In [23], the authors proposed ensemble classifiers to predict obesity using major characteristics such as age, height, weight, and BMI. The ensemble classifier used a generalized linear model, partial least squares, and a random forest. Over 89% percent accuracy was achieved.
In another study presented in [24], the authors evaluated a number of machine learning techniques to predict obesity-related risks in high school students. The work implemented decision trees, regression, artificial neural networks, and weighted k-nearest neighbors. The results showed good accuracy; however, the best performance was observed in the case of weighted k-nearest neighbors, where an accuracy rate of over 88% was achieved.
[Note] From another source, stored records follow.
// This file has the saved form of a store: its values in little memory.

ghost use Rattle.std.specs.Prelude.{◌≡◌, ◌≤◌, ◌↔◌, ℕ, length, pos, replicate, IsOk, IsTrue};
ghost use Rattle.std.specs.Prelude.{OnOk, OnErr};
ghost use Rattle.ptb_expr.specs.SavedStores.{with_zeros};
ghost use Rattle.ptb_expr.specs.Store.{IsZeroFrom, empty_cells};

use crate::store::{Store, mixed};
use std::alloc::{AllocError, Global};
use std::marker::Model;

/// The values of a store. It takes memory only for the elements up to the last one in use.
#[derive(Drop)]
pub struct SavedStore {
    size: i16,
    values: [i16; 26],
    // The first elements of the array. Those after them are 0.
    elements: Vec<i16>,
}

impl Model for SavedStore {
    ghost use Rattle.std.specs.Prelude.{◌≡◌, ◌+◌, ◌/◌, ◌≤◌, pos, ◌≤ℤ◌, length, unsigned_abs, vec_len};
    ghost use Rattle.ptb_expr.specs.SavedStores.{with_zeros};
    ghost use Rattle.ptb_expr.specs.Store.{Cells};

    ghost Value = { Cells };

    ghost view = { λ s. record {
      size = s.size;
      values = s.values;
      elements = with_zeros (unsigned_abs s.size / 2 + 1) s.elements.items;
    } };

    ghost invariant = { λ s. (length s.values ≡ 26) × (pos 0 ≤ℤ s.size)
        × (vec_len s.elements ≤ unsigned_abs s.size / 2 + 1) };
}

// Puts values in front, and zeros after them: up to a place after which all are 0.
fn put_front(values: &mut [i16], front: &[i16], used: usize)
    requires fits { length front.now ≤ length values.old }
    requires within { used ≤ length values.old }
    requires zeros { IsZeroFrom used values.old }
    ensures { values.new ≡ with_zeros (length values.old) front.now }
{
    values[..front.len()].copy_from_slice(front);
    let end = used.max(front.len());
    let mut at = front.len();
    'zeros: while at < end {
        values[at] = 0;
        at += 1;
    }
}

// Whether all values are 0.
fn is_zero(values: &[i16]) -> bool
    ensures { IsTrue result ↔ (values.now ≡ replicate (length values.now) (pos 0)) }
{
    for i in 0..values.len() {
        if values[i] != 0 {
            return false;
        }
    }
    true
}

// Whether values are those in front, and zeros after them.
fn is_prefix(front: &[i16], values: &[i16]) -> bool
    requires { length front.now ≤ length values.now }
    ensures { (count : ℕ) → length values.now ≤ count
        → IsTrue result ↔ (with_zeros count front.now ≡ with_zeros count values.now) }
{
    let (start, rest) = (&values[..front.len()], &values[front.len()..]);
    start == front && is_zero(rest)
}

// Whether values are the same as others, where those after the last one are 0.
fn is_same_with_zeros(values: &[i16], others: &[i16]) -> bool
    ensures { (count : ℕ) → length values.now ≤ count → length others.now ≤ count
        → IsTrue result ↔ (with_zeros count values.now ≡ with_zeros count others.now) }
{
    if values.len() <= others.len() {
        is_prefix(values, others)
    } else {
        is_prefix(others, values)
    }
}

impl SavedStore {
    /// A store of zeros without memory, where SIZE is 0.
    pub fn new(alloc: Global) -> SavedStore
        ensures { result ≡ empty_cells (pos 0) }
    {
        SavedStore {
            size: 0,
            values: [0; 26],
            elements: Vec::new(alloc),
        }
    }

    /// Replaces its values with those of a store.
    ///
    /// # Errors
    ///
    /// Where the elements are refused memory. The contents are then unspecified.
    pub fn save(&mut self, store: &Store) -> Result<(), AllocError>
        ensures { OnOk result (self.new ≡ store.now) }
    {
        self.elements.clear();
        self.size = store.size;
        self.values = store.values;
        self.elements
            .extend_from_slice(&store.elements[..store.used])
    }

    /// Whether another one has the same SIZE and holds the same values.
    pub fn is_same(&self, other: &SavedStore) -> bool
        ensures { IsTrue result ↔ (self.now ≡ other.now) }
    {
        if other.size != self.size {
            return false;
        }
        self.values == other.values && is_same_with_zeros(&self.elements, &other.elements)
    }

    /// A number that is the same for those that hold the same. Others seldom have it, too.
    pub fn hash(&self) -> u64 {
        let variables = mixed(&self.values, 1);
        mixed(&self.elements, variables)
    }
}

impl Store {
    /// Replaces its values with those that were saved. It takes no memory where both have the same
    /// SIZE.
    ///
    /// # Errors
    ///
    /// Where the array is refused memory. Its values stay then.
    pub fn restore(&mut self, alloc: Global, saved: &SavedStore) -> Result<(), AllocError>
        ensures ok { OnOk result (self.new ≡ saved.now) }
        ensures same_size { self.old.size ≡ saved.now.size → IsOk result }
        ensures err { OnErr result (self.new ≡ self.old) }
    {
        if self.size != saved.size {
            *self = Store::new(alloc, saved.size)?;
        }
        put_front(&mut self.elements, &saved.elements, self.used);
        self.values = saved.values;
        self.used = saved.elements.len();
        Ok(())
    }
}
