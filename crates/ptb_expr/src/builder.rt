// This file says what is made of an expression that is read, by the trait `Builder`. The grammar has one reader
// (`reader.rt`): it makes steps by `step_builder.rt`, and a value by `value_builder.rt`.

ghost use Rattle.std.specs.Prelude.{◌+◌, ◌≤◌, ◌<◌, IfSome, IsNone};
ghost use Rattle.ptb_expr.specs.Prelude.{ℕ, Tree, Num, Var, node_of, room_of};
ghost use Rattle.ptb_expr.specs.Tree.{Size, Bin, Bad, Unclosed};

use crate::fault::FaultKind;
use crate::operator::Operator;
use ptb_text::Letter;

/// What is done with one value.
#[derive(Clone, Copy)]
pub(crate) enum Unary {
    /// Nothing: it is in parentheses.
    Itself,
    /// The element of `@` at this index.
    Element,
    /// RND of this bound.
    Ask,
    /// ABS.
    Absolute,
    /// A leading minus.
    Negate,
}

/// Makes something of the parts of an expression, in the order in which they are read.
pub(crate) trait Builder {
    /// What was made of a part of an expression.
    type Made: Copy;

    /// From one state to another, this was made of a part that has this tree.
    ghost makes: { Self → Self → Self.Made → Tree → Type 0 };

    /// The same, and it is kept as a left operand.
    ghost keeps: { Self → Self → Self.Made → Tree → Type 0 };

    /// From one state to another, a malformed part was read that has this tree.
    ghost spoils: { Self → Self → Tree → Type 0 };

    /// Whether it may give up on a part that is not malformed. None then says nothing about the expression.
    ghost gives_up: { Type 0 };

    /// How much of its room is used.
    ghost room_used: { Self → ℕ };

    /// How much more of its room a part will take.
    ghost room_wanted: { Self.Made → ℕ };

    /// A number.
    fn number(&mut self, value: i16) -> Self::Made
        ensures made { makes self.old self.new result (Num value) }
        ensures room { room_used self.new + room_wanted result ≤ room_used self.old + 1 };

    /// A variable.
    fn variable(&mut self, letter: Letter) -> Self::Made
        ensures made { makes self.old self.new result (Var letter) }
        ensures room { room_used self.new + room_wanted result ≤ room_used self.old + 1 };

    /// SIZE.
    fn size(&mut self) -> Self::Made
        requires { room_used self.old < 256 }
        ensures made { makes self.old self.new result Size }
        ensures room { room_used self.new + room_wanted result ≤ room_used self.old + 1 };

    /// What is done with the last part. None where it has no value.
    fn unary(&mut self, unary: Unary, part: Self::Made, mark: u8) -> Option<Self::Made>
        requires { room_used self.old + room_wanted part < 256 }
        ensures made { IfSome result (λ made. (s : Self) (x : Tree) → makes s self.old part x
            → makes s self.new made (node_of unary x mark)) }
        ensures room { IfSome result (λ made. room_used self.new + room_wanted made
            ≤ room_used self.old + room_wanted part + room_of unary) }
        ensures none { IsNone result → gives_up };

    /// Keeps the last part as a left operand, whose operator was read.
    fn keep(&mut self, part: Self::Made) -> Self::Made
        requires { room_used self.old + room_wanted part ≤ 256 }
        ensures kept { (s : Self) (x : Tree) → makes s self.old part x → keeps s self.new result x }
        ensures room { room_used self.new ≤ room_used self.old + room_wanted part };

    /// An operator with its operands; the right one is the last part. None where it has no value.
    fn binary(
        &mut self,
        operator: Operator,
        left: Self::Made,
        right: Self::Made,
        mark: u8,
    ) -> Option<Self::Made>
        requires { room_used self.old + room_wanted right < 256 }
        ensures made { IfSome result (λ made. (r s : Self) (x y : Tree) → keeps r s left x
            → makes s self.old right y → makes r self.new made (Bin operator x y mark)) }
        ensures room { IfSome result (λ made. room_used self.new + room_wanted made
            ≤ room_used self.old + room_wanted right + 1) }
        ensures none { IsNone result → gives_up };

    /// A part that is malformed from its beginning on.
    fn malformed(&mut self, kind: FaultKind, mark: u8)
        requires { room_used self.old < 256 }
        ensures spoilt { spoils self.old self.new (Bad kind mark) }
        ensures room { room_used self.new ≤ room_used self.old + 1 };

    /// The last part, after which a closing parenthesis is missing.
    fn unclosed(&mut self, part: Self::Made, mark: u8)
        requires { room_used self.old + room_wanted part < 256 }
        ensures spoilt { (s : Self) (x : Tree) → makes s self.old part x
            → spoils s self.new (Unclosed x mark) }
        ensures room { room_used self.new ≤ room_used self.old + room_wanted part + 1 };

    /// What is around a malformed part is malformed, too, whichever state it began in. The function does nothing.
    fn malformed_laws(&self)
        ensures inside { (s t : Self) (unary : Unary) (x : Tree) (m : ℕ) → spoils s t x
            → spoils s t (node_of unary x m) }
        ensures right { (r s t : Self) (op : Operator) (left : Self.Made) (x y : Tree) (m : ℕ)
            → keeps r s left x → spoils s t y → spoils r t (Bin op x y m) };
}
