// This file states that the laws of expressions hold.

ghost use Rattle.ptb_expr.specs.Laws.{ValueLaws, CodeLaws};
ghost use Rattle.ptb_expr.specs.Spells.{SpellingLaws};
ghost use Rattle.ptb_expr.specs.Marks.{MarkLaws};

use ptb_text::finding_laws;

/// What is read of an expression or a variable is spelled so by the grammar, in one way, and ends
/// ahead within the text.
pub fn spelling_laws()
    ensures { SpellingLaws }
{
    finding_laws();
}

/// The marks of what is read, and of its faults, lie within the text.
pub fn mark_laws()
    ensures { MarkLaws }
{
    finding_laws();
}

/// Evaluating a tree takes answers one by one, at most one for each of its RNDs.
#[tactic(auto, using(crate::proofs::ValueReads::value_laws))]
pub fn value_laws()
    ensures { ValueLaws }
{}

/// Running the steps of a tree evaluates the tree, with its questions and its fault.
#[tactic(auto, using(crate::proofs::TreeSteps::code_laws))]
pub fn code_laws()
    ensures { CodeLaws }
{}
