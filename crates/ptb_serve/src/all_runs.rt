// This file has the listing of all runs of a program, each with its report.

ghost use Rattle.std.specs.Prelude.{◌≡◌, ℕ, List, Option, None, IfErr, IfOk, IfSome, IsErrOf, OnOk, option_copied};
ghost use Rattle.ptb_serve.specs.Prelude.{FailsAfterSome, FailsOnlyAfterSome, input_lines, play, exploration, play_of};
ghost use Rattle.ptb_serve.specs.Prelude.{most_of, WritesRuns, report, Front, runs_left, mode_of, IsUnstarted};
ghost use Rattle.ptb_serve.specs.Prelude.{ServesProgram, ReportsFailures, ReportsMismatch, share_prefix, first_front};
ghost use Rattle.ptb_serve.specs.Prelude.{front_note, items_of, ReadsInput};

use crate::attempt::Attempt;
use crate::note::Note;
use ptb_answers::Marked;
use ptb_explore::{ExploreFault, Explorer, Form, OpenFault, write_all_runs};
use ptb_machine::{Line, read_lines};
use ptb_options::{MarkedAnswers, Request};
use ptb_text::{Program, Read, Write};
use std::alloc::Global;

/// Which runs are listed, and how their reports are written.
#[derive(Clone, Copy)]
pub struct Listing<'a> {
    /// The answers with which each of the runs begins; any run is listed where there is none.
    pub under: &'a Option<MarkedAnswers>,
    /// The run after which the listing begins, if it is named.
    pub after: &'a Option<MarkedAnswers>,
    /// The most runs that are listed; all of them where there is none.
    pub first: Option<u64>,
    /// How the reports have the answers.
    pub form: Form,
}

impl<'a> Listing<'a> {
    ghost use Rattle.ptb_options.specs.declared.request.Mode.TheVariants as modes;

    /// The listing of these runs.
    pub fn new(
        under: &'a Option<MarkedAnswers>,
        after: &'a Option<MarkedAnswers>,
        first: Option<u64>,
        form: Form,
    ) -> Listing<'a>
        ensures { mode_of result ≡ modes.All under.now after.now first form }
    {
        Listing {
            under,
            after,
            first,
            form,
        }
    }
}

/// Writes the reports of the runs of a listing. The status is 0.
///
/// Nothing is written until the input was read to its end, and the listing's `under` and then its
/// `after` were checked.
///
/// # Errors
///
/// [`Note::InputUnread`] where the input could not be read or has more than 16,777,216 bytes;
/// [`Note::NoBeginning`] where no run begins with `under`, [`Note::NoRun`] where `after` is no run of
/// these, both even if only a bound is not that of its question: nothing was written with these, and the
/// attempt says why. [`Note::OutOfMemory`] where a growth was refused memory, never where a list was
/// found to fit no run: nothing was written, or the reports of the first runs, fewer than all.
/// [`Note::Unwritten`] where the writer failed: a prefix of the reports was written.
pub fn list_runs<R: Read, W: Write>(
    alloc: Global,
    request: &Request,
    program: &Program,
    listing: Listing,
    input: &mut R,
    out: &mut W,
) -> Attempt
    requires memory { program.now.memory ≡ request.now.memory }
    ensures serves { ServesProgram (mode_of listing.entry) request.now program.now
        (R.remaining input.old) (R.remaining input.new)
        (W.contents out.old) (W.contents out.new) result.served }
    ensures reads { ReadsInput (mode_of listing.entry)
        (R.remaining input.old) (R.remaining input.new)
        (R.failures input.old) (R.failures input.new)
        (R.given input.old) (R.given input.new) result.served }
    ensures failures { ReportsFailures (W.failures out.old) (W.failures out.new) result.served }
    ensures mismatch { ReportsMismatch (mode_of listing.entry) request.now program.now
        (R.remaining input.old) result.served result.mismatch }
    ensures no_line { result.line ≡ None }
{
    match read_lines(alloc, input) {
        Ok(lines) => list_runs_on(alloc, request, program, &lines, listing, out),
        Err(fault) => Attempt::without_mismatch(Err(Note::from(fault))),
    }
}

// Writes the reports of a program's runs on the lines of an input that was read, or says why a list
// fits no run. Its caller owns these lines and has few exits: each exit of a body is proved with all that
// the body owns.
fn list_runs_on<W: Write>(
    alloc: Global,
    request: &Request,
    program: &Program,
    lines: &[Line],
    listing: Listing,
    out: &mut W,
) -> Attempt
    requires memory { program.now.memory ≡ request.now.memory }
    ensures serves { (known left : Option (List ℕ)) → IfSome known (λ c. lines.now ≡ input_lines c)
        → ServesProgram (mode_of listing.entry) request.now program.now known left
        (W.contents out.old) (W.contents out.new) result.served }
    ensures read { ¬ IsErrOf result.served Note.InputUnread }
    ensures failures { ReportsFailures (W.failures out.old) (W.failures out.new) result.served }
    ensures mismatch { (known : Option (List ℕ)) → IfSome known (λ c. lines.now ≡ input_lines c)
        → ReportsMismatch (mode_of listing.entry) request.now program.now known
        result.served result.mismatch }
    ensures no_line { result.line ≡ None }
{
    match explorer_from(alloc, request, program, lines, listing) {
        Ok(explorer) => match write_reports(explorer, listing.first, listing.form, out) {
            Ok(_) => Attempt::without_mismatch(Ok(0)),
            Err(broken) => Attempt::without_mismatch(Err(Note::from(broken))),
        },
        Err(why) => Attempt::unstarted(why),
    }
}

// Writes the reports of the runs that an explorer has left, or of the first of them, and drops it. This body owns the
// explorer because it has few exits: each exit of a body is proved with all that the body owns.
fn write_reports<W: Write>(
    mut explorer: Explorer<'_>,
    first: Option<u64>,
    form: Form,
    out: &mut W,
) -> Result<u64, ExploreFault>
    ensures writes { (front : Front) × WritesRuns (play_of explorer.entry) explorer.entry.prefix
        (report form (play_of explorer.entry))
        (runs_left (play_of explorer.entry) (most_of explorer.entry) explorer.entry.prefix
        explorer.entry.front first)
        explorer.entry.front front (W.contents out.old) (W.contents out.new) result }
    ensures failed { FailsAfterSome result (W.failures out.old) (W.failures out.new) }
    ensures unfailed { FailsOnlyAfterSome result (W.failures out.old) (W.failures out.new) }
{
    write_all_runs(&mut explorer, first, form, out)
}

// The items of a list, if it is named.
fn named_items(list: &Option<MarkedAnswers>) -> Option<&[Marked]>
    ensures { option_copied result ≡ list.now }
{
    match list {
        None => None,
        Some(list) => Some(list.as_slice()),
    }
}

// The items of a list; none where it is not named.
fn items(list: &Option<MarkedAnswers>) -> &[Marked]
    ensures { result.now ≡ items_of list.now }
{
    match list {
        None => &[],
        Some(list) => list.as_slice(),
    }
}

// An explorer of the runs of a listing: before the first of them, or at the run after which the listing
// begins. The answers with which each run begins are looked at first.
fn explorer_from<'a>(
    alloc: Global,
    request: &Request,
    program: &'a Program,
    lines: &'a [Line],
    listing: Listing,
) -> Result<Explorer<'a>, OpenFault>
    ensures explorer { IfOk result (λ e. e ≡ exploration program.now lines.now request.now.rules
        (share_prefix listing.entry.under.now) (first_front listing.entry.after.now) e.kept e.played) }
    ensures begun { OnOk result (front_note (play program.now lines.now request.now.rules)
        listing.entry.under.now listing.entry.after.now ≡ None) }
    ensures unstarted { IfErr result (IsUnstarted (play program.now lines.now request.now.rules)
        listing.entry.under.now listing.entry.after.now) }
{
    let under = items(listing.under);
    let explorer = Explorer::under(alloc, program, lines, request.rules, under)?;
    match named_items(listing.after) {
        None => Ok(explorer),
        Some(list) => explorer.go_to(list),
    }
}
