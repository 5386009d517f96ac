// This file has the lists of answers that split a program's runs.

ghost use Rattle.std.specs.Prelude.{◌≡◌, [], None};
ghost use Rattle.ptb_serve.specs.Prelude.{FailsAfterSome, FailsOnlyAfterSome, beginning_line, split_play, stopped};
ghost use Rattle.ptb_serve.specs.Prelude.{WritesRuns, Front, runs_left};
ghost use Rattle.ptb_serve.specs.Prelude.{reads_of, writes_of, IsServed, IsServedOn};
ghost use Rattle.ptb_options.specs.declared.request.Mode.TheVariants as modes;

use crate::note::Note;
use ptb_explore::{Beginnings, ExploreFault, Form, write_beginnings};
use ptb_machine::{Line, read_lines};
use ptb_options::Request;
use ptb_text::{Program, Read, Write};
use std::alloc::Global;

/// How many answers the lists have that split a program's runs, and how they are written.
#[derive(Clone, Copy)]
pub struct Shares {
    /// The most answers of a list.
    pub answers: u8,
    /// How the lists have the answers.
    pub form: Form,
}

impl Shares {
    /// Lists of at most `answers` answers.
    pub fn new(answers: u8, form: Form) -> Shares
        ensures { result ≡ record { answers = answers; form = form } }
    {
        Shares { answers, form }
    }
}

/// Writes the lists that split a program's runs, one in each line. The status is 0.
///
/// Nothing is written until the input was read to its end.
///
/// # Errors
///
/// [`Note::InputUnread`] where the input could not be read or has more than 16,777,216 bytes: nothing
/// was written. [`Note::OutOfMemory`] where a growth was refused memory: the lines of the first lists
/// were written, fewer than all. [`Note::Unwritten`] where the writer failed: a prefix of the lines
/// was written.
pub fn list_shares<R: Read, W: Write>(
    alloc: Global,
    request: &Request,
    program: &Program,
    shares: Shares,
    input: &mut R,
    out: &mut W,
) -> Result<u8, Note>
    requires memory { program.now.memory ≡ request.now.memory }
    ensures { IsServed (modes.Shares shares.answers shares.form) request.now program.now
        (reads_of R.remaining R.given R.failures input.old input.new)
        (writes_of W.contents W.failures out.old out.new) result }
{
    let lines = read_lines(alloc, input)?;
    share_lines(alloc, request, program, &lines, shares, out)
}

// Writes the lists that split a program's runs on the lines of an input that was read. Its caller owns
// these lines and has few exits: each exit of a body is proved with all that the body owns.
fn share_lines<W: Write>(
    alloc: Global,
    request: &Request,
    program: &Program,
    lines: &[Line],
    shares: Shares,
    out: &mut W,
) -> Result<u8, Note>
    requires memory { program.now.memory ≡ request.now.memory }
    ensures { IsServedOn (modes.Shares shares.answers shares.form) request.now program.now lines.now
        (writes_of W.contents W.failures out.old out.new) result }
{
    let most = usize::from(shares.answers);
    let beginnings = Beginnings::start(alloc, program, lines, request.rules, most)?;
    write_lists(beginnings, shares.form, out)?;
    Ok(0)
}

// Writes the lists that a search has left, and drops it.
fn write_lists<W: Write>(
    mut beginnings: Beginnings<'_>,
    form: Form,
    out: &mut W,
) -> Result<u64, ExploreFault>
    ensures writes { (front : Front)
        × WritesRuns (stopped beginnings.entry.most (split_play beginnings.entry)) []
        (beginning_line form (split_play beginnings.entry))
        (runs_left (stopped beginnings.entry.most (split_play beginnings.entry))
        beginnings.entry.most [] beginnings.entry.front None)
        beginnings.entry.front front (W.contents out.old) (W.contents out.new) result }
    ensures failed { FailsAfterSome result (W.failures out.old) (W.failures out.new) }
    ensures unfailed { FailsOnlyAfterSome result (W.failures out.old) (W.failures out.new) }
{
    write_beginnings(&mut beginnings, form, out)
}
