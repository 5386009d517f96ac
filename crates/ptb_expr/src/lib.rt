//! Expressions of Tiny BASIC: the store of variables and array, and expressions, which are read
//! (`reader.rt`). They are evaluated while they are read, or read into steps, which are run
//! (`step_runner.rt`).
//!
//! It depends on `ptb_text` and `ptb_answers`. The crate above may rely on `evaluate` and `target`:
//! whoever answers, their result is the one that `specs/Value` gives the tree that `specs/Spells`
//! reads at the cursor, a value, a fault with its mark or a question. What is evaluated often is
//! read once, by `read_value` and `read_variable`; `run_steps` runs the steps, and `plain_value`
//! runs those that ask nothing and have a value; `single_value` is for one step. A `ShortValue` has
//! the value of a few steps without a loop over them. The crate re-exports the choosers of
//! `ptb_answers`.
#![tactic(auto)]

mod builder;
mod evaluator;
mod fault;
mod laws;
mod operator;
mod plain_values;
mod reader;
mod saved_store;
mod short_value;
mod step;
mod step_builder;
mod step_runner;
mod stop_report;
mod store;
mod translation;
mod value_builder;
mod values;

pub use evaluator::{evaluate, target};
pub use fault::{Fault, FaultKind, Stop};
pub use laws::{code_laws, mark_laws, spelling_laws, value_laws};
pub use operator::Operator;
pub use plain_values::{plain_value, single_value};
// No crate of the program imports these from here: they are for users of the library who evaluate expressions.
pub use ptb_answers::{Chooser, Listed, Pause, Seeded};
pub use saved_store::SavedStore;
pub use short_value::ShortValue;
pub use step::{Step, Steps};
pub use step_runner::{answer_to, run_steps};
pub use store::{Store, Target};
pub use translation::{VariableRead, read_value, read_variable};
Although there are numerous machine learning techniques used to predict obesity and closely related health issues, there is still very limited work exploring the variety of parameters or variables that can predict obesity. These parameters are related to eating habits, lifestyle, physical conditions, and modes of transportation. It is evident that all these parameters can play a crucial role in predicting obesity. Moreover, it is vital to not only detect obesity itself but also to classify the different obesity levels, i.e., type I, II, and III. Therefore, this paper implements a state-of-the-art machine learning algorithm to detect a variety of health conditions (underweight, normal, overweight, obesity type I, II, III) in different scenarios. The findings of the proposed work are also compared with the state-of-the-art method in the domain.
The dataset used in this study is publicly available [25] in the form of electronic health records (EHR). A total of 2111 participants took part in this study. The participants were aged between 14 and 61 years. The EHR dataset comprised a variety of variables ranging from food intake, physical condition, lifestyle, eating habits, and body measures. The total number of variables or features collected through the survey was 17, as shown in Table 1.
Table 1 reports 17 variables collected in the data collection stage. The variable “Obesity Classification Label” is used as the target variable, while others are used as feature variables or features of the obesity classification system. This variable is predicted using by feeding the rest of the variables (16) in Table 1 into the machine learning algorithm. The machine learning algorithm is described in the next section. It is evident from Table 1 that the collected variables are a combination of categorical and numeric variables, where 9 out of 16 are categorical, and the rest are numerical. Therefore, all the categorical variables were converted into numerical form to ensure uniformity in the feature space with respect to the type of variables. For this purpose, the built-in label encoder of Python’s pre-processing sklearn library [26] was utilized.
The ground truth variable or target variable is very important in supervised machine learning to achieve the underlying objectives. The obesity classification problem is a supervised problem where the sample is categorized into different body compositions. The dataset used body mass index (BMI) as a categorization variable to divide the collected data samples into six body conditions [27], i.e., underweight (BMI < 18.5), normal (18.5 < BMI < 24.9), overweight (25 < BMI < 29.9), Obesity Type I (30 < BMI < 34.9), Obesity Type II (35 < BMI < 39.9) and Obesity Type III (BMI > 40).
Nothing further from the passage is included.